JP 2011-181849 A JP 2015-188042 A

However, in the conventional technology described above, when detecting the outer shape of the stacked wafers, the maximum outer shape of the entire wafer is detected, and it is difficult to correctly detect the outer shape corresponding to the bonding surface. Especially in optical detection, the finite depth of field causes areas other than the focal point to be out of focus, the spread of the light source blurs the boundaries of shadows, and the rounded corners of the object create shadows. Edges obtained from actual images are far from ideal edges due to distortions caused by local reflections near the edges, making stable measurements difficult.
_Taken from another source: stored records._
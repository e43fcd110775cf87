//! The command `convert`: a log in any form, as a CSV log.
ghost use Rattle.std.specs.Prelude.{◌≤◌};
ghost use Rattle.audit_base.specs.declared.terms.Which.{Which};
ghost use Rattle.log_source.specs.Sources.{longest_read};
ghost use Rattle.log_verdict.specs.BothLogs.{StaysWithinAt};
ghost use Rattle.log_verdict.specs.Collecting.{TouchesOnly};
ghost use Rattle.command_run.specs.Deciding.{DecidesLog};
ghost use Rattle.audit_run.specs.OtherTexts.{IsConvertAnswer};
ghost use Rattle.log_verdict.specs.Steps.{reading_by, KeepsShelfLogs};

use audit_base::records::{OrderRecord, TradeRecord};
use audit_base::terms::Which;
use command_run::answers::{Answer, done_answer, finding_answer, unread_answer};
use csv_logs::log_text::ConvertedLog;
use log_source::shelf::Shelf;
use log_verdict::reading::{CollectedTrades, collect_orders, collect_trades};
use log_verdict::sources::Source;
use log_verdict::stops::Stop;
use std::alloc::Global;

/// The answer to an order log: its records, of all symbols, as they come.
fn convert_orders<F: Shelf>(
    alloc: Global,
    shelf: &mut F,
    source: &Source<'_>,
) -> Result<Answer, Stop>
    requires limit { source.now.limit ≤ longest_read }
    ensures logs { KeepsShelfLogs F.Shelf shelf.old shelf.new }
    ensures only { TouchesOnly (reading_by source.now F.Shelf shelf.old shelf.new) Which.Orders }
    ensures decides { DecidesLog (reading_by source.now F.Shelf shelf.old shelf.new)
        Which.Orders source.now (IsConvertAnswer Which.Orders) result }
    ensures within { (F.slot shelf.old Which.Orders).taken ≤ source.now.limit
        → StaysWithinAt (reading_by source.now F.Shelf shelf.old shelf.new) Which.Orders result }
{
    let log = ConvertedLog::new(alloc)?;
    match collect_orders::<F, ConvertedLog<OrderRecord>>(alloc, shelf, source, log) {
        Ok(log) => Ok(done_answer(log.end()?)),
        Err(unread) => unread_answer(alloc, Which::Orders, unread),
    }
}

/// The answer to a trade log: its trades, of all symbols, as they come.
fn convert_trades<F: Shelf>(
    alloc: Global,
    shelf: &mut F,
    source: &Source<'_>,
) -> Result<Answer, Stop>
    requires limit { source.now.limit ≤ longest_read }
    ensures logs { KeepsShelfLogs F.Shelf shelf.old shelf.new }
    ensures only { TouchesOnly (reading_by source.now F.Shelf shelf.old shelf.new) Which.Trades }
    ensures decides { DecidesLog (reading_by source.now F.Shelf shelf.old shelf.new)
        Which.Trades source.now (IsConvertAnswer Which.Trades) result }
    ensures within { (F.slot shelf.old Which.Trades).taken ≤ source.now.limit
        → StaysWithinAt (reading_by source.now F.Shelf shelf.old shelf.new) Which.Trades result }
{
    let log = ConvertedLog::new(alloc)?;
    match collect_trades::<F, ConvertedLog<TradeRecord>>(alloc, shelf, source, log) {
        Ok(CollectedTrades::Trades(log)) => Ok(done_answer(log.end()?)),
        Ok(CollectedTrades::Alone(finding)) => Ok(finding_answer(alloc, finding)?),
        Err(unread) => unread_answer(alloc, Which::Trades, unread),
    }
}

/// The answer to `convert`: the CSV log; or that of the bad place, or of an execution report
/// without its partner.
pub(crate) fn answer_convert<F: Shelf>(
    alloc: Global,
    shelf: &mut F,
    log: Which,
    source: &Source<'_>,
) -> Result<Answer, Stop>
    requires limit { source.now.limit ≤ longest_read }
    ensures logs { KeepsShelfLogs F.Shelf shelf.old shelf.new }
    ensures only { TouchesOnly (reading_by source.now F.Shelf shelf.old shelf.new) log }
    ensures decides { DecidesLog (reading_by source.now F.Shelf shelf.old shelf.new)
        log source.now (IsConvertAnswer log) result }
    ensures within { (F.slot shelf.old log).taken ≤ source.now.limit
        → StaysWithinAt (reading_by source.now F.Shelf shelf.old shelf.new) log result }
{
    match log {
        Which::Orders => convert_orders(alloc, shelf, source),
        Which::Trades => convert_trades(alloc, shelf, source),
    }
}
In particular, when aligning a glass-silicon bonded wafer with the silicon as a reference, problems such as the transparency of the glass part, dust, overlapping patterns, air bubbles, undulations, dirt, etc., can occur in the image with a normal line-type sensor. Positioning was extremely difficult.

An object of the present invention is to solve the above-described problems of the prior art, and to enable even wafers bonded or molded with glass, resin, or silicon to be easily incorporated into a general-purpose chamfering apparatus and to be reliably chamfered. It is an object of the present invention to obtain a wafer positioning device and a chamfering device using the same capable of detecting an edge portion.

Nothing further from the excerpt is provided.